Nunca había visto algo similar, no estaba preparado para analizarlo y mucho menos entenderlo. Su cabeza intentó ponerle nombre pero sólo resonaba la palabra “anacrónico”.

Volvió a intentarlo. Se acercó, estiró la mano con cuidado, acercándola mientras se concentraba en lo que pudiera ocurrir. Todo lo demás desapareció, el foco estaba en ese elemento desconocido. Y volvió a pasar. Tal cual. ¿Qué era eso? ¿Por qué pasaba lo que pasaba? Miró alrededor y trató de encontrar quién le hacía semejante broma. Nadie. De todos modos, ¿quién hubiera podido intentar bromear con él? El sentido del humor no era uno de sus fuertes, de hecho pese a haberlo intentado, nunca podía asimilar los principios básicos del humor. Mucho menos del sarcasmo. Era casi una broma obligada: si Isaías no lo entiende, seguro que es sarcasmo. De todos modos, eso jamás lo afectó.

Pero esto era diferente. Significativamente diferente. Trató de entender, de manera empírica y recurriendo a lo que ya sabía, cómo manejar (¡y manejarse!) con semejante artefacto. ¿Habría dónde encenderlo? ¿Sería seguro hacerlo, desconociendo las consecuencias? Y fue esta misma pregunta la que le dio parte de las respuestas. Precisamente si no fuese seguro, era él quien debía asumir el riesgo. Así estaba determinado desde… ¿desde cuándo? Ni él sabía. Pero poco importaba en ese momento.

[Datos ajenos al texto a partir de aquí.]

// The predictions that a sample makes: the walk from the brake and the sample on, judged by the targets, and behind a penalty the same by emergency air.
#![tactic(auto)]

ghost use Rattle.std.specs.Prelude.{◌≡◌};
ghost use Rattle.step.specs.Curve.{penalty_curve};
ghost use Rattle.walk.specs.Range.{Walkable};
ghost use Rattle.judge.specs.Emergency.{emergency_stop};
ghost use Rattle.prediction.specs.Prediction.{approach_of, emergency_over, emergency_of, outcome_of, outcome_over};
ghost use Rattle.prediction.specs.Steps.{listed_of, emergency_curve_of, Ready};

use air::Air;
use brake::Brake;
use consist::Consist;
use judge::Listed;
use sample::Sample;
use step::Curve;
use targets::Target;
use track::{Route, Totals, Track};

// The stopping location, and the cause that is called for, 0 for none; and the same of emergency, both 0 where no penalty stands.
// Numbers for none, here and where they are made, as a decision's record has them.
#[derive(Clone, Copy, Debug, PartialEq, Eq)]
pub struct Outcome {
    pub stop: u32,
    pub called: u8,
    pub emergency_stop: u32,
    pub emergency_called: u8,
}

// By an index: a target is read by its number, into two arrays. No one `laid` with blocks or a track, and arrays here: see `judge::Listed`.
fn list_targets(t: &[u8]) -> Listed
    ensures { result ≡ listed_of t.now }
{
    let mut listed = Listed {
        count: t.len() / Target::SIZE,
        locations: [0u32; Target::MOST],
        speeds: [0u16; Target::MOST],
    };
    for k in 0..Target::MOST {
        let target = targets::target_at(t, k);
        listed.locations[k] = target.location;
        listed.speeds[k] = target.speed;
    }
    listed
}

// Where emergency air stops the train.
fn stop_in_emergency<'a>(c: Consist, k: Brake, m: Sample, route: Route<'a>) -> u32
    requires { Walkable c (emergency_curve_of c k) route.track.now m.head m.speed }
    ensures { result ≡ emergency_stop (emergency_over c k m route.entry.track.now) }
{
    let air = Air::in_emergency(k, c);
    let curve = Curve::emergency(air.a, air.b, air.equalization);
    // no target's speed is asked for
    walk::predict(c, curve, route, m.head, m.speed, [0u16; Target::MOST]).stop
}

// The same predictions over a route that both walks share.
fn over_route<'a>(c: Consist, k: Brake, m: Sample, route: Route<'a>, t: &[u8], stood: u8) -> Outcome
    requires walkable { Walkable c (penalty_curve c k.a k.b) route.track.now m.head m.speed }
    requires walkable_2 { Walkable c (emergency_curve_of c k) route.track.now m.head m.speed }
    ensures { result ≡ outcome_over c k m route.entry.track.now stood t.now }
{
    let targets = list_targets(t);
    let curve = Curve::penalty(c, k.a, k.b);
    let found = walk::predict(c, curve, route, m.head, m.speed, targets.speeds);
    let called = judge::cause(c.offset, m.head, m.speed, &targets, found.arrivals);
    if judge::standing(stood, called) == 0 {
        return Outcome {
            stop: found.stop,
            called,
            emergency_stop: 0,
            emergency_called: 0,
        };
    }
    let emergency_stop = stop_in_emergency(c, k, m, route);
    Outcome {
        stop: found.stop,
        called,
        emergency_stop,
        emergency_called: judge::emergency_cause(m.head, &targets, emergency_stop),
    }
}

// From an updated brake: under a penalty application, and, where a penalty stands or is called for, under emergency air.
pub fn of_sample(c: Consist, k: Brake, m: Sample, p: &[u8], t: &[u8], stood: u8) -> Outcome
    requires { Ready c k m p.now }
    ensures { result ≡ outcome_of (approach_of c k m p.now) (emergency_of c k m p.now) stood t.now }
{
    let track = Track::laid(p);
    let totals = Totals::summed(&track);
    let route = Route {
        track: &track,
        totals: &totals,
    };
    over_route(c, k, m, route, t, stood)
}
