//! The rows of a core as text.
ghost use Rattle.std.specs.Prelude.{◌≡◌, ◌<◌, Err, IfOk, length, reverse};
ghost use Rattle.mc_model.specs.TraceText.{trace_text};

use mode_core::Core;
use std::alloc::Global;
use thiserror::Error;
use trace_format::write_rows;

/// Why a trace is not written.
#[derive(Clone, Copy, Debug, PartialEq, Eq, Error)]
pub enum NoText {
    #[error("out of memory")]
    Memory,
    #[error("more than 2000000 rows")]
    TooMany,
}

/// The text of a core's rows, as a trace file would have it: equal neighbouring ticks stand in one record.
pub fn trace_of(alloc: Global, core: &Core) -> Result<Vec<u8>, NoText>
    ensures text { IfOk result (λ text. text.items ≡ trace_text core.now.set (reverse core.now.rows)) }
    ensures too_many { result ≡ Err NoText.TooMany → 2000000 < length core.now.rows }
{
    let rows = core.rows();
    if rows.len() > 2_000_000 {
        return Err(NoText::TooMany);
    }
    match write_rows(alloc, core.set(), rows) {
        Ok(text) => Ok(text),
        Err(_) => Err(NoText::Memory),
    }
}
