//! A simulated device: a few numbers.
ghost use Rattle.std.specs.Prelude.{◌≡◌};

use crate::live::Machine;
use crate::schedule::Device;
use mc_task::{JobId, TaskNo};

/// A plant whose controller overruns: its job is released at 0 and needs 6 ticks. A job of the logger needs 5 ticks,
/// and is released at 0 and at 10.
#[derive(Clone, Copy, Debug)]
pub struct Plant {
    /// How many ticks the controller's job still needs.
    ctl: u32,
    /// How many ticks the logger's job still needs.
    log: u32,
    /// How many ticks were run.
    pub ran: u32,
}

impl Plant {
    /// A plant before its first tick.
    pub fn new() -> Plant {
        Plant {
            ctl: 0,
            log: 0,
            ran: 0,
        }
    }
}

impl Device for Plant {
    fn releases(&mut self, task: TaskNo, at: u64) -> bool {
        match (task.0, at) {
            (1, 0) => {
                self.ctl = 6;
                true
            }
            (2, 0 | 10) => {
                self.log = 5;
                true
            }
            _ => false,
        }
    }

    fn run(&mut self, job: JobId) -> bool {
        self.ran = self.ran.saturating_add(1);
        let left = if job.task.0 == 1 {
            &mut self.ctl
        } else {
            &mut self.log
        };
        *left = left.saturating_sub(1);
        *left == 0
    }
}

impl Machine for Plant {
    ghost is_off_before = { λ _ at. at ≡ 12 };

    fn is_off(&mut self, at: u64) -> bool {
        at == 12
    }
}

La decisión estaba tomada y él, con una resignación propia de quién afronta lo inevitable con la convicción de hacer lo correcto, tomó el objeto de sospecha y arriesgó todo por descifrar el enigma. Vio la tapa, raída y desgastada sin nada que identifique lo que encontraría adentro y en una acción inmediata que pareció durar horas, la abrió.

Nada.

No pasó nada. Ya era demasiado extraño encontrar el objeto. Aún más extraño abrirlo y que no haya ninguna reacción. Fue ahí, en ese preciso instante, que descubrió la trampa. Sus ojos hicieron contacto con las palabras escritas en ese material delgado y desconocido y ya no pudo parar. Las palabras se sucedían con una velocidad vertiginosa mientras él grababa cada una de ellas y se iba metiendo dentro del texto, sintiéndose parte de la historia. Jamás había tenido un libro en la mano y esto lo hacía más apasionante, si podemos hablar de pasión en alguien como R. Isaías Covam.

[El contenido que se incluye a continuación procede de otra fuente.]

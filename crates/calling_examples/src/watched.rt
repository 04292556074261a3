//! A plan that the caller's own loop serves, and a panel beside it that reads ticks and mode without taking a turn.
ghost use Rattle.std.specs.Prelude.{◌≡◌, ◌+◌, ◌≤◌, ◌∷◌, [], IfSome, IfOk, vec_len, vec_capacity};
ghost use Rattle.mc_model.specs.Holds.{Fits, Holds};
ghost use Rattle.status_board.specs.Logs.{start};
ghost use Rattle.status_board.specs.Tokens.{seen};
ghost use Rattle.mode_core.specs.Events.{empty_state};
ghost use Rattle.timetable.specs.declared.plan.Plan.TheVariants.{Rows};
ghost use Rattle.timetable.specs.Floor.{opening};
ghost use Rattle.timetable.specs.Plans.{IsTraceOfPlan};
ghost use Rattle.executive.specs.Stands.{opening_of};
ghost use Rattle.executive.specs.Passes.{floor_of};
ghost use Rattle.executive.specs.Watching.{IsWatcherOf};
ghost use Rattle.task_threads.specs.Passes.{IsPassFor};
ghost use Rattle.calling_examples.specs.Watched.{IsPanelOf, IsReady};

use executive::{Executive, NoMemory, Taken, TaskPass};
use mc_model::WorkRow;
use mc_task::{Rule, TaskNo, TaskSet};
use mode_core::Core;
use status_board::{Shown, Watcher};
use std::alloc::Global;
use std::sync::Wait;
use std::thread::{Threads, join};
use timetable::{Act, Floor, Plan};
use work_file::Work;

/// Shows the pair that it last read from an executive's board.
#[derive(Drop)]
pub struct Panel {
    watcher: Watcher,
    pub shown: Shown,
}

impl Panel {
    /// A panel that has read nothing yet.
    pub fn new(executive: &Executive, watcher: Watcher) -> Panel
        requires of { IsWatcherOf executive.now watcher }
        requires fresh { seen watcher ≡ start ∷ [] }
        ensures of { IsPanelOf executive.now result }
        ensures shown { result.shown ≡ start }
    {
        let _ = executive;
        let shown = Shown {
            ticks: 0,
            high_mode: false,
        };
        Panel { watcher, shown }
    }

    /// Reads again, and returns how many ticks have ended since the last reading. It never waits.
    pub fn refresh(&mut self, executive: &Executive) -> u64
        requires { IsPanelOf executive.now self.old }
        ensures of { IsPanelOf executive.now self.new }
        ensures ended { self.new.shown.ticks ≡ self.old.shown.ticks + result }
    {
        let now = executive.watch(&mut self.watcher);
        // What one watcher sees never goes back.
        let ended = now.ticks - self.shown.ticks;
        self.shown = now;
        ended
    }

    /// Reads until `ticks` ticks have ended, and returns how many of them ended meanwhile.
    pub fn follow<R: Wait>(&mut self, rt: &R, executive: &Executive, ticks: u64) -> u64
        requires { IsPanelOf executive.now self.old }
        ensures of { IsPanelOf executive.now self.new }
        ensures all { ticks ≤ self.new.shown.ticks }
        ensures ended { self.new.shown.ticks ≡ self.old.shown.ticks + result }
    {
        let before = self.shown.ticks;
        for _ in rt.forever() {
            if self.shown.ticks >= ticks {
                return self.shown.ticks - before;
            }
            let _ended = self.refresh(executive);
        }
        unreachable!()
    }
}

/// A floor of two tasks whose plan is these jobs, for `ticks` ticks.
pub fn planned(
    alloc: Global,
    set: TaskSet,
    rule: Rule,
    jobs: Vec<WorkRow>,
    ticks: u32,
) -> Option<Floor>
    requires fits { Fits rule }
    requires holds { Holds set.tasks rule }
    requires some { 1 ≤ ticks }
    requires most { ticks ≤ 1000000 }
    ensures ready { IfSome result IsReady }
    ensures floor { IfSome result (λ f. f ≡ opening (empty_state set.tasks rule (ticks + vec_len jobs)) (Rows jobs.items ticks)) }
{
    if set.len() != 2 {
        return None;
    }
    let work = Work::new(&set, jobs).ok()?;
    let places = ticks as usize + work.rows().len();
    let core = Core::new(alloc, set, rule, places).ok()?;
    let ticks = u64::from(ticks);
    Some(Floor::new(core, Plan::Rows { work, ticks }))
}

/// Runs the plan of a floor of two tasks, while a panel follows its ticks in a thread of its own. Returns the floor,
/// and the number of ticks that the panel saw end.
pub fn run_watched<R: Threads + Wait + Sync>(
    rt: &R,
    alloc: Global,
    floor: Floor,
    ticks: u64,
) -> Result<(Floor, u64), NoMemory>
    requires { IsReady floor }
    ensures trace { IfOk result (λ r. IsTraceOfPlan r.0.plan r.0.core) }
    // The set, the rule, the capacity and the plan are as before.
    ensures same { IfOk result (λ r. opening_of r.0 ≡ floor) }
    ensures seen { IfOk result (λ r. ticks ≤ r.1) }
{
    let (executive, mut passes, mut watchers) = Executive::with_watchers(rt, alloc, floor, 1)?;
    let watcher = watchers.pop().unwrap();
    let mut panel = Panel::new(&executive, watcher);
    let second = passes.pop().unwrap();
    let first = passes.pop().unwrap();
    let ((first, second), ended) = {
        let executive = &executive;
        join(
            rt,
            move || -> (TaskPass, TaskPass)
                requires { IsPassFor executive.now 1 first × IsPassFor executive.now 2 second }
                ensures { IsPassFor executive.entry.now 1 result.0 × IsPassFor executive.entry.now 2 result.1 }
            { serve(rt, executive, first, second) },
            move || -> u64
                requires { IsPanelOf executive.now panel × (panel.shown ≡ start) }
                ensures { ticks ≤ result }
            { panel.follow(rt, executive, ticks) },
        )
    };
    let floor = finished(rt, executive, passes, first, second);
    Ok((floor, ended))
}

// Closes the executive with the passes of its two tasks, and does the rest of its plan.
fn finished<R: Wait>(
    rt: &R,
    executive: Executive,
    list: Vec<TaskPass>,
    first: TaskPass,
    second: TaskPass,
) -> Floor
    requires passes { IsPassFor executive 1 first × IsPassFor executive 2 second }
    requires room { (vec_len list ≡ 0) × (2 ≤ vec_capacity list) }
    requires floor { IsReady (floor_of executive) }
    ensures trace { IsTraceOfPlan result.plan result.core }
    ensures same { opening_of result ≡ floor_of executive }
{
    let mut passes = list;
    passes.push_reserved(first);
    passes.push_reserved(second);
    match executive.close(rt, passes) {
        Ok(mut floor) => {
            floor.finish();
            floor
        }
        Err(_unclosed) => unreachable!(),
    }
}

// Does the next acts of the plan, with the passes of its two tasks, until it is finished.
fn serve<R: Wait>(
    rt: &R,
    executive: &Executive,
    first: TaskPass,
    second: TaskPass,
) -> (TaskPass, TaskPass)
    requires { IsPassFor executive.now 1 first × IsPassFor executive.now 2 second }
    ensures { IsPassFor executive.now 1 result.0 × IsPassFor executive.now 2 result.1 }
{
    let (mut first, mut second) = (first, second);
    for _ in rt.forever() {
        match executive.look(rt, &mut first) {
            Act::Release(TaskNo(1)) => {
                let _ = executive.release(rt, &mut first);
            }
            Act::Release(_) => {
                let _ = executive.release(rt, &mut second);
            }
            Act::Grant(TaskNo(1)) => first = tick(rt, executive, first, TaskNo(1)),
            Act::Grant(_) => second = tick(rt, executive, second, TaskNo(2)),
            Act::Idle => {
                let _ = executive.idle(rt, &mut first);
            }
            Act::Wait(_) => {}
            Act::Finished => return (first, second),
        }
    }
    unreachable!()
}

// Makes a tick of the pass's task; the plan decides whether its job is done.
fn tick<R: Wait>(rt: &R, executive: &Executive, pass: TaskPass, task: TaskNo) -> TaskPass
    requires { IsPassFor executive.now task.0 pass }
    ensures { IsPassFor executive.now task.0 result }
{
    let _ = task;
    match executive.take(rt, pass) {
        Taken::Given(grant) => executive.outcome(rt, grant, false).0,
        Taken::NotNow(pass, _) => pass,
    }
}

Capítulo tras capítulo se involucró en la historia, se vio a sí mismo en el cuerpo del protagonista, entendió sus motivos, sus deseos y sus contradicciones. No podía evitar la identificación. Los unía mucho más que algunas hojas, tinta y una sucesión de palabras hilvanadas. Había una conexión directa entre ambos: él, Isaías, también era un robot. Era la primera vez que leía la historia de otro robot. Estaba seguro, incluso, que él era el primer robot que hubiera alguna vez leído un libro. Por lo menos en su generación, muy lejana a la era de los libros impresos.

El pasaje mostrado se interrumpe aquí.